§ **Work instructions**: Below are some records. Print exactly the lines between the one holding "a symbol (one" and the one holding "result of the code to those of definitions.", inclusive, and nothing else.
*** Opening Data shown ***
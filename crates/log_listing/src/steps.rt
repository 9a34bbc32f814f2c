//! What is new before each instruction and on its edges, as text. `AllocError`: out of memory for the text.

use crate::known::write_known;
use insn_codec::{Insn, Program, Successors};
use log_facts::{Edges, KnownFacts};
use reg_kinds::Facts;
use std::alloc::{AllocError, Global};
use tagged_model::Named;

/// An instruction that a run may reach, with the texts of its notes.
#[derive(Drop)]
pub(crate) struct Step {
    pub slot: usize,
    /// What is new before it, or all that is known (`is_whole` of `steps_of`).
    pub known: String,
    /// What is new on the edge to the next instruction; `None` if there is none, or no run takes it.
    pub falling: Option<String>,
    /// What is new on the edge of its jump; `None` if it has none, or no run takes it.
    pub jumping: Option<String>,
}

/// Makes the steps of a program from the facts before its instructions, if descriptors name the objects of `named`.
#[derive(Drop)]
struct StepMaker<'a> {
    alloc: Global,
    program: &'a Program,
    named: &'a [Named],
    /// A buffer for the facts on the edges of an instruction.
    edges: Edges,
}

impl StepMaker<'_> {
    /// What is known in the facts `new` and not in `old`, and what is known in `old` and not any more in `new`, as text: notes with a
    /// semicolon between them. Empty if `old` and `new` are equal.
    fn news(&self, old: &Facts, new: &Facts) -> Result<String, AllocError> {
        let mut text = String::new(self.alloc);
        // The text is empty, so its first note begins at offset 0.
        write_known(&mut text, 0, old, new)?;
        Ok(text)
    }

    /// The text for one edge of a conditional jump (`branch`): what is new in `new`, the facts on the edge, against `old`, the facts before
    /// the jump; empty if both are equal. `taken` is whether a run may take the edge. If it is false, the result is `None`.
    fn edge(&self, old: &Facts, taken: bool, new: &Facts) -> Result<Option<String>, AllocError> {
        if taken {
            Ok(Some(self.news(old, new)?))
        } else {
            Ok(None)
        }
    }

    /// Adds to `step` what is new on each edge of the conditional jump `insn` against `facts`, the facts before it: `falling` for the edge
    /// to the next instruction, `jumping` for the edge to the target. An edge that no run takes gets `None`; if the jump is rejected, both
    /// edges do. For this, `edges.leave` writes into the buffer `edges` whether a run may take each edge (`falls`, `jumps`), and the facts
    /// on it (`falling`, `jumping`).
    fn branch(&mut self, step: &mut Step, insn: &Insn, facts: &Facts) -> Result<(), AllocError> {
        self.edges.leave(facts, self.named, step.slot, insn);
        let Edges {
            falls,
            ref falling,
            jumps,
            ref jumping,
        } = self.edges;
        step.falling = self.edge(facts, falls, falling)?;
        step.jumping = self.edge(facts, jumps, jumping)?;
        Ok(())
    }

    /// Sets the texts of the edges out of the instruction `insn` in `step`, the texts of this instruction: `falling` for the edge to the
    /// next instruction, `jumping` for the edge to the target of its jump. Both are `None` before, and remain so for an edge that `insn`
    /// does not have; an exit has neither. `facts` are those before `insn`. The text of an edge of a conditional jump (`branch`) is what is
    /// new on this edge; it is `None` if no run takes the edge, and for both edges if the jump is rejected. Any other instruction has one
    /// edge, and its text is empty, also if the instruction is rejected: what it changes is in the step of the next instruction (`known`).
    fn leave(&mut self, step: &mut Step, insn: &Insn, facts: &Facts) -> Result<(), AllocError> {
        match insn.profile().successors {
            Successors::Next => step.falling = Some(String::new(self.alloc)),
            Successors::Jump(_) => step.jumping = Some(String::new(self.alloc)),
            Successors::NextOrJump(_) => self.branch(step, insn, facts)?,
            Successors::Nothing => {}
        }
        Ok(())
    }

    /// The step of the instruction at the slot of `known`, which has the facts before it. The step has what is new in these facts against
    /// `shown`, and each edge out of the instruction with the text of what is new on it (`leave`). `shown` are the facts before the
    /// instruction of the preceding step; for the first step, and for every step if steps have all that is known (`is_whole` of
    /// `steps_of`), the facts in which nothing is known. An instruction begins at each slot with facts, so `get` finds it. `AllocError`:
    /// out of memory.
    fn step(&mut self, shown: &Facts, known: &KnownFacts) -> Result<Step, AllocError> {
        let KnownFacts { slot, facts } = known;
        let mut step = Step {
            slot: *slot,
            known: self.news(shown, facts)?,
            falling: None,
            jumping: None,
        };
        if let Some(insn) = self.program.get(*slot) {
            self.leave(&mut step, insn, facts)?;
        }
        Ok(step)
    }
}

/// The steps of a program, in the order of `known`: an element of `known` has a slot and the facts before the instruction there, and
/// becomes one step, which is what the log shows of this instruction. `named` lists the open descriptors and their objects. The field
/// `known` of a step is, if `is_whole` (the log shows all facts), the text of all these facts; else only what is new in them, or no longer
/// known, against the facts of the element before, and for the first element all. The fields `falling` and `jumping` are the texts for the
/// two edges, and `None` for an edge that the instruction does not have. For a conditional jump the text is what is new on the edge against
/// the facts before the jump; it is `None` if no run takes the edge, and for both edges if the jump is rejected. For any other instruction
/// it is empty, since what the instruction changes is new before the next one. `AllocError`: out of memory.
pub(crate) fn steps_of(
    alloc: Global,
    program: &Program,
    named: &[Named],
    known: &[KnownFacts],
    is_whole: bool,
) -> Result<Vec<Step>, AllocError> {
    let nothing = Facts::nothing_known();
    let mut maker = StepMaker {
        alloc,
        program,
        named,
        edges: Edges::none(&nothing),
    };
    let mut steps = Vec::new(alloc);
    let mut shown = &nothing;
    for here in known {
        steps.push(maker.step(shown, here)?)?;
        if !is_whole {
            shown = &here.facts;
        }
    }
    Ok(steps)
}
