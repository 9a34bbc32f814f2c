//! Parsers of parts of a line. Each returns the part at the front of the tokens, and the tokens after it; `None` if they do not begin
//! with such a part.

ghost use Rattle.std.specs.Prelude.{◌≡◌};
ghost use Rattle.text_line.specs.inside.Shown.{shown_tokens};
ghost use Rattle.text_line.specs.inside.Reading.{leading_symbol, leading_name, leading_number, after_symbol, after_word};
ghost use Rattle.text_line.specs.inside.Reading.{leading_register, number_from, leading_constant, leading_signed_number};
ghost use Rattle.text_line.specs.inside.Reading.{leading_operand, parsed_destination, leading_address};
ghost use Rattle.text_line.specs.inside.Reading.{leading_wide_value, is_ended, at_end, seen, seen_pair, seen_token, seen_destination};

use crate::form::{Address, JumpTarget, Number, SourceOperand, WideValue};
use crate::names::register_named;
use crate::token::Token;
use insn_set::{AccessSize, Reg, load_by_name};
use words::BITS_64;

/// The number has a minus before it.
const NEGATIVE: bool = true;

/// The number has a plus before it, or no sign.
const NOT_NEGATIVE: bool = false;

// ---- one token, and the tokens after it

/// The text of the first token, if it is a symbol (one of `SYMBOLS`, as `+=` or `(`), and the tokens after it; `None` if it is a name or a
/// number, or if there is no token. The contract compares with the definition `leading_symbol`: `shown_tokens` and `seen_token` convert the
/// tokens and the result of the code to those of definitions.
pub(crate) fn leading_symbol<'t, 'a>(tokens: &'t [Token<'a>]) -> Option<(&'a str, &'t [Token<'a>])>
    ensures { seen_token result ≡ leading_symbol (shown_tokens tokens.now) }
{
    match tokens.split_first() {
        Some((Token::Symbol(symbol), rest)) => Some((*symbol, rest)),
        _ => None,
    }
}

/// The text of the first token, if it is a name, and the tokens after it; `None` if it is a symbol or a number, or if there is no token.
/// The definition `leading_name` gives the same; `seen_token` and `shown_tokens` turn names and tokens of the code to those of definitions.
pub(crate) fn name<'t, 'a>(tokens: &'t [Token<'a>]) -> Option<(&'a str, &'t [Token<'a>])>
    ensures { seen_token result ≡ leading_name (shown_tokens tokens.now) }
{
    match tokens.split_first() {
        Some((Token::Name(name), rest)) => Some((*name, rest)),
        _ => None,
    }
}

/// The value of the first token, if it is a number, and the tokens after it; `None` if it is a name or a symbol, or if there is no token.
/// The value itself is `None` from 2 ^ 64 on. A sign is a token of its own, so no value is negative. In the contract, `shown_tokens` and
/// `seen_pair` only turn tokens of the code into those of the definitions.
pub(crate) fn number<'t, 'a>(tokens: &'t [Token<'a>]) -> Option<(Option<u64>, &'t [Token<'a>])>
    ensures { seen_pair result ≡ leading_number (shown_tokens tokens.now) }
{
    match tokens.split_first() {
        Some((Token::Number(value), rest)) => Some((*value, rest)),
        _ => None,
    }
}

/// The tokens after the first one, if this is the symbol `expected`; `None` if the first token is another symbol, a name or a number, or if
/// there is none. The contract: the definition `after_symbol` returns the same for these tokens; `seen` and `shown_tokens` turn the result
/// and the tokens of the code into those of definitions.
#[tactic(auto, unfolding(crate::specs::inside::Reading::after_symbol))]
pub(crate) fn after_symbol<'t, 'a>(
    tokens: &'t [Token<'a>],
    expected: &str,
) -> Option<&'t [Token<'a>]>
    ensures { seen result ≡ after_symbol expected.now (shown_tokens tokens.now) }
{
    let (found, rest) = leading_symbol(tokens)?;
    if found == expected { Some(rest) } else { None }
}

/// The tokens after the first, if this is the name `expected`, for instance the keyword `goto`; `None` if the first token is another name
/// or no name, or if there is no token. `seen`: the result, with its tokens as definitions have them.
#[tactic(auto, unfolding(crate::specs::inside::Reading::after_word))]
pub(crate) fn after_word<'t, 'a>(tokens: &'t [Token<'a>], expected: &str) -> Option<&'t [Token<'a>]>
    ensures { seen result ≡ after_word expected.now (shown_tokens tokens.now) }
{
    let (found, rest) = name(tokens)?;
    if found == expected { Some(rest) } else { None }
}

// ---- parts of a line

/// Parses the register with which the tokens begin: `r0` to `r10` (all 64 bits) if `wide`, else `w0` to `w10` (the low 32). Returns the
/// register and the tokens after it; `None` if there is no token, or the first is another, also a register of the other width. The
/// definition `leading_register` gives the same: `seen_pair` and `shown_tokens` only turn tokens of the code into those of definitions.
#[tactic(auto, unfolding(crate::specs::inside::Reading::leading_register))]
pub(crate) fn register<'t, 'a>(
    wide: bool,
    tokens: &'t [Token<'a>],
) -> Option<(Reg, &'t [Token<'a>])>
    ensures { seen_pair result ≡ leading_register wide (shown_tokens tokens.now) }
{
    let (name, rest) = name(tokens)?;
    let (found, reg) = register_named(name)?;
    if found == wide {
        Some((reg, rest))
    } else {
        None
    }
}

/// Reads the first token, a number, and gives it the sign that the caller has read before it, which is a token of its own: a minus if
/// `negative`, else a plus or none. Returns the number with its sign, and the tokens after it; `None` if the first token is a name or a
/// symbol, or if there is no token. In the contract `leading_number` reads the token, and the definition `number_from` adds the sign;
/// `seen_pair` and `shown_tokens` turn tokens of the code into those of definitions.
fn number_from<'t, 'a>(negative: bool, tokens: &'t [Token<'a>]) -> Option<(Number, &'t [Token<'a>])>
    ensures { seen_pair result ≡ number_from negative (leading_number (shown_tokens tokens.now)) }
{
    let (magnitude, rest) = number(tokens)?;
    Some((
        Number {
            negative,
            magnitude,
        },
        rest,
    ))
}

/// A constant: a number with a `-` before it, or without a sign. Returns the number and the tokens after it; `None` if the tokens begin
/// with anything else, also with a `+`. The number may be too large for its field, which `Form::insn` checks. The contract has the result
/// and the tokens as definitions have them (`seen_pair`, `shown_tokens`).
#[tactic(auto, unfolding(crate::specs::inside::Reading::leading_constant))]
pub(crate) fn constant<'t, 'a>(tokens: &'t [Token<'a>]) -> Option<(Number, &'t [Token<'a>])>
    ensures { seen_pair result ≡ leading_constant (shown_tokens tokens.now) }
{
    match after_symbol(tokens, "-") {
        Some(rest) => number_from(NEGATIVE, rest),
        None => number_from(NOT_NEGATIVE, tokens),
    }
}

/// A number after its sign, `+` or `-`, as the offset of an address and the target of a jump are written, and the tokens after the number.
/// `None` if the tokens do not begin with a sign and then a number. The first argument of `number_from` is whether the sign is a minus. The
/// contract has the result and the tokens as definitions have them (`seen_pair`, `shown_tokens`).
#[tactic(auto, unfolding(crate::specs::inside::Reading::leading_signed_number))]
pub(crate) fn signed<'t, 'a>(tokens: &'t [Token<'a>]) -> Option<(Number, &'t [Token<'a>])>
    ensures { seen_pair result ≡ leading_signed_number (shown_tokens tokens.now) }
{
    match after_symbol(tokens, "+") {
        Some(rest) => number_from(NOT_NEGATIVE, rest),
        None => number_from(NEGATIVE, after_symbol(tokens, "-")?),
    }
}

/// Parses the second operand of arithmetic or of a conditional jump, or what a store writes, and returns it and the tokens after it. It is
/// a register, an `r` register (64 bits) if `wide`, else a `w` register (the low 32), or a constant, which is a number after a minus or
/// without a sign. `None` if the tokens begin with neither, also with a register of the other width. The contract has the result and the
/// tokens as definitions have them (`seen_pair`, `shown_tokens`).
#[tactic(auto, unfolding(crate::specs::inside::Reading::leading_operand))]
pub(crate) fn operand<'t, 'a>(
    wide: bool,
    tokens: &'t [Token<'a>],
) -> Option<(SourceOperand, &'t [Token<'a>])>
    ensures { seen_pair result ≡ leading_operand wide (shown_tokens tokens.now) }
{
    match register(wide, tokens) {
        Some((reg, rest)) => Some((SourceOperand::Reg(reg), rest)),
        None => {
            let (number, rest) = constant(tokens)?;
            Some((SourceOperand::Number(number), rest))
        }
    }
}

/// Whether `tokens` is empty. For the tokens after a part of a line that was parsed, `true` means that the line ends after this part
/// (`at_end`); for all tokens of a line, that the line is blank, or has only a comment (`line_of`).
pub(crate) fn ended(tokens: &[Token<'_>]) -> bool
    ensures { result ≡ is_ended (shown_tokens tokens.now) }
{
    match tokens.split_first() {
        None => true,
        Some(_) => false,
    }
}

/// Ends the parsing of a line: returns `found`, which the caller has read, if no token is left in `tokens`, those after it. `None` if a
/// token is left, so that nothing may follow a whole instruction or label in a line.
pub(crate) fn at_end<T: Copy>(found: T, tokens: &[Token<'_>]) -> Option<T>
    ensures { result ≡ at_end found (shown_tokens tokens.now) }
{
    if ended(tokens) { Some(found) } else { None }
}

/// Parses the target of a jump, with which a line ends: a number with its sign, as in `goto -1`, or a label, as in `goto done`. Returns the
/// target, and the name of the label, which is empty for a number. `None` if the tokens begin with neither, or if more tokens follow. The
/// contract says that the result is that of the definition, `parsed_destination`.
#[tactic(auto, unfolding(crate::specs::inside::Reading::parsed_destination))]
pub(crate) fn destination<'a>(tokens: &[Token<'a>]) -> Option<(JumpTarget, &'a str)>
    ensures { seen_destination result ≡ parsed_destination (shown_tokens tokens.now) }
{
    match signed(tokens) {
        Some((number, rest)) => at_end((JumpTarget::Number(number), ""), rest),
        None => {
            let (name, rest) = name(tokens)?;
            at_end((JumpTarget::Label, name), rest)
        }
    }
}

/// Reads a memory operand, as `*(u32 *)(r6 + 0)`, from the front of the tokens. Returns whether the name of its size is signed (`s8` to
/// `s32`, not `u8` to `u64`), the size, the address (an `r` register and an offset with its sign, of any range), and the tokens after the
/// operand; `None` if the tokens do not begin with a memory operand. The callers read loads, stores and atomic operations; those of stores
/// and of atomic operations reject a signed size. The contract: the definition `leading_address` reads the same from these tokens;
/// `seen_pair` and `shown_tokens` have the result and the tokens as definitions have them.
#[tactic(auto, unfolding(crate::specs::inside::Reading::leading_address))]
pub(crate) fn address<'t, 'a>(
    tokens: &'t [Token<'a>],
) -> Option<(((bool, AccessSize), Address), &'t [Token<'a>])>
    ensures { seen_pair result ≡ leading_address (shown_tokens tokens.now) }
{
    let rest = after_symbol(tokens, "*")?;
    let rest = after_symbol(rest, "(")?;
    let (name, rest) = name(rest)?;
    let size = load_by_name(name)?;
    let rest = after_symbol(rest, "*")?;
    let rest = after_symbol(rest, ")")?;
    let rest = after_symbol(rest, "(")?;
    let Some((base, rest)) = register(BITS_64, rest) else {
        return None;
    };
    let (offset, rest) = signed(rest)?;
    let rest = after_symbol(rest, ")")?;
    Some(((size, Address { base, offset }), rest))
}

/// The value of a wide load, and the tokens after it; the caller reads the `ll` that follows. The value is `map_fd` and a descriptor;
/// `map_value`, a descriptor, `+` and an offset; or a number. Only a descriptor may have a minus: its field is signed, so that slots with a
/// negative descriptor decode, and are printed with a minus; the offset and the number are unsigned. `None` if the tokens begin with none
/// of these. A number may be out of its field's range, which `Form::insn` checks. The contract: the definition `leading_wide_value` reads
/// the same; `shown_tokens` and `seen_pair` convert the tokens and the result to those of definitions.
#[tactic(auto, unfolding(crate::specs::inside::Reading::leading_wide_value))]
pub(crate) fn wide_value<'t, 'a>(tokens: &'t [Token<'a>]) -> Option<(WideValue, &'t [Token<'a>])>
    ensures { seen_pair result ≡ leading_wide_value (shown_tokens tokens.now) }
{
    if let Some(rest) = after_word(tokens, "map_fd") {
        let (fd, rest) = constant(rest)?;
        return Some((WideValue::MapFd(fd), rest));
    }
    if let Some(rest) = after_word(tokens, "map_value") {
        let (fd, rest) = constant(rest)?;
        let rest = after_symbol(rest, "+")?;
        let (off, rest) = number(rest)?;
        return Some((WideValue::MapValue { fd, off }, rest));
    }
    let (value, rest) = number(tokens)?;
    Some((WideValue::Number(value), rest))
}
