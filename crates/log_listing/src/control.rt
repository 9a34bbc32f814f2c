//! Control flow: the jumps of a program by their targets, and its basic blocks. `AllocError`: out of memory.

use crate::steps::Step;
use insn_codec::{Insn, MAX_SLOTS, Program, Successors};
use std::alloc::{AllocError, Global};

/// The edge of a jump, by the slots of its target and of the jump. Edges are ordered by their targets.
#[derive(Clone, Copy, PartialEq, Eq, PartialOrd, Ord)]
pub(crate) struct JumpEdge {
    pub to: usize,
    pub from: usize,
}

/// The target of the jump, conditional or not, that begins at a slot; it may be past the program's end if the program's shape has a fault.
/// `None` if no instruction begins at the slot, the instruction is no jump, or the target is below slot 0. An instruction of a program
/// begins at a slot below `MAX_SLOTS`, so the test of `MAX_SLOTS` never fails; the contract of `target` needs it.
pub(crate) fn target_at(program: &Program, slot: usize) -> Option<usize> {
    let insn = program.get(slot)?;
    if slot > MAX_SLOTS {
        return None;
    }
    insn.profile().successors.target(slot)
}

/// The jumping edges that a run may take, for the notes of a listing that say from which slots control comes to a line. `steps` has the
/// instructions that a run may reach. A step's `jumping` is `None` if the instruction does not jump, is a rejected conditional jump, or
/// never takes its jump by the facts; each other step gives one edge. A jump to below slot 0 is omitted. The edges are in the order of
/// their targets, and those of one target in that of the jumps' slots. `AllocError`: out of memory.
pub(crate) fn live_jumps(
    alloc: Global,
    program: &Program,
    steps: &[Step],
) -> Result<Vec<JumpEdge>, AllocError> {
    let mut jumps = Vec::new(alloc);
    for step in steps {
        if step.jumping.is_some()
            && let Some(to) = target_at(program, step.slot)
        {
            let from = step.slot;
            jumps.push(JumpEdge { to, from })?;
        }
    }
    jumps.sort()?;
    Ok(jumps)
}

/// Whether an instruction ends a basic block: a jump or an exit does, a call does not.
fn ends_block(insn: &Insn) -> bool {
    insn.profile().successors != Successors::Next
}

/// Records in `flags`, which has a flag for each slot of a program, that a basic block begins at `slot`. If `slot` is past the end of the
/// program, nothing is done: it is the slot after the last instruction, or the target of a jump in a rejected program.
fn mark_start(flags: &mut [bool], slot: usize) {
    if let Some(flag) = flags.get_mut(slot) {
        *flag = true;
    }
}

/// For each slot whether a basic block begins there: at slot 0, at the target of a jump, and after a jump or an exit. A target past the end
/// of the program is left out. `AllocError`: out of memory.
pub(crate) fn block_starts(alloc: Global, program: &Program) -> Result<Vec<bool>, AllocError> {
    let slots = program.slots();
    let mut starts = vec![in alloc; false; slots]?;
    mark_start(&mut starts, 0);
    for slot in 0..slots {
        if let Some(insn) = program.get(slot) {
            if let Some(to) = target_at(program, slot) {
                mark_start(&mut starts, to);
            }
            if ends_block(insn) {
                mark_start(&mut starts, slot.saturating_add(insn.slots()));
            }
        }
    }
    Ok(starts)
}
*** Closing Data shown ***
§ **Task response**:
/// The text of the first token, if it is a symbol (one of `SYMBOLS`, as `+=` or `(`), and the tokens after it; `None` if it is a name or a
/// number, or if there is no token. The contract compares with the definition `leading_symbol`: `shown_tokens` and `seen_token` convert the
/// tokens and the result of the code to those of definitions.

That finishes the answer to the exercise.